Tamir Rice Whitewash Continues
Yesterday the Cleveland prosecutor’s office released two reports they commissioned on the shooting death of Tamir Rice last November. On a Saturday afternoon (gosh, it’s like they knew reaction would be negative).
Those opinions, reached separately by a Colorado prosecutor and a former F.B.I. supervisory special agent, were released Saturday night by the Cuyahoga County prosecutor, Timothy J. McGinty, whose office will ultimately present evidence in the case to a grand jury to decide on possible criminal charges.
“The question is not whether every officer would have reacted the same way,” Kimberly A. Crawford, the retired F.B.I. agent, wrote in her report, which noted that Officer Loehmann had no way of knowing Tamir’s gun was fake. “Rather, the relevant inquiry is whether a reasonable officer, confronting the exact same scenario under identical conditions could have concluded that deadly force was necessary.”
Both Ms. Crawford and S. Lamar Sims, the prosecutor from Colorado, said in their reports that they were evaluating Officer Loehmann’s actions under the United States Constitution, not Ohio state law.

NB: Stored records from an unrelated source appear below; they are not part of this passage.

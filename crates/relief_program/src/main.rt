//! The program `relief`: calls `run_words_reported` on its arguments and streams.
#![tactic(auto)]

mod progress;

use ascii_grid::Counted;
use progress::ProgressReport;
use relief::run_words_reported;
use std::env;
use std::io::{self, ErrorKind, Write};
use std::process::ExitCode;
use std::rt::Env;

const WORDS_REFUSED: u8 = 1;

const NO_MEMORY: u8 = 3;

/// Returns the exit status for unreadable words. Writes a line unless memory was refused.
fn refuse_words(error: &io::Error, errors: &mut impl Write) -> u8 {
    if error.kind() == ErrorKind::OutOfMemory {
        return NO_MEMORY;
    }
    let _ = errors.write_all(b"relief: a word is not UTF-8\n");
    WORDS_REFUSED
}

fn read_words(rt: &(impl Env + AllocGlobal)) -> io::Result<Vec<String>> {
    let words = env::args(rt)?.collect(rt.alloc())?;
    Ok(words)
}

fn main(rt: HostRuntime) -> ExitCode {
    let words = match read_words(&rt) {
        Ok(words) => words,
        Err(error) => return ExitCode::from(refuse_words(&error, &mut rt.stderr())),
    };
    let Ok(words) = words
        .iter()
        .map(|word| word.as_str())
        .collect::<Vec<&str>>(rt.alloc())
    else {
        return ExitCode::from(NO_MEMORY);
    };
    let mut reader = Counted::new(rt.stdin());
    let mut writer = Counted::new(rt.stdout());
    let mut errors = Counted::new(rt.stderr());
    let progress = ProgressReport::new(&rt, rt.alloc(), rt.stderr());
    ExitCode::from(run_words_reported(
        &rt,
        rt.alloc(),
        &words,
        &mut reader,
        &mut writer,
        &mut errors,
        &progress,
    ))
}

“I mean, why would an Ohio prosecutor want to know if Ohio state law was violated? That’s just crazy talk!”
“There can be no doubt that Rice’s death was tragic and, indeed, when one considers his age, heartbreaking,” Mr. Sims wrote. But he added that “Officer Loehmann’s belief that Rice posed a threat of serious physical harm or death was objectively reasonable as was his response to that perceived threat.”
“Sure, Tamir was an innocent 12 year-old, but let’s not overlook the fact he was also a SCARY BLACK PERSON!!!!!”
Tamir’s death resulted in a lengthy series of investigations that have frustrated some activists, who see the shooting as a clear case of police overreach and have called for the arrests of Officer Loehmann and his partner, Officer Frank Garmback, who drove his police cruiser to within feet of Tamir but who did not fire his weapon. Some have criticized Officer Garmback for parking his cruiser so close.
“To suggest that Officer Garmback should have stopped the car at another location is to engage in exactly the kind of ‘Monday morning quarterbacking’ the case law exhorts us to avoid,” Mr. Sims wrote.
“I mean, we can’t go around judging people’s actions after they happen! What kind of world would that be?”
Mr. McGinty provided no timeline of when a grand jury would decide on charges, but said more reports had been commissioned by his office and would be released as they were finished.
“Look, it took us 11 months just to find “experts” willing to justify killing a 12 year-old. Give us some time!”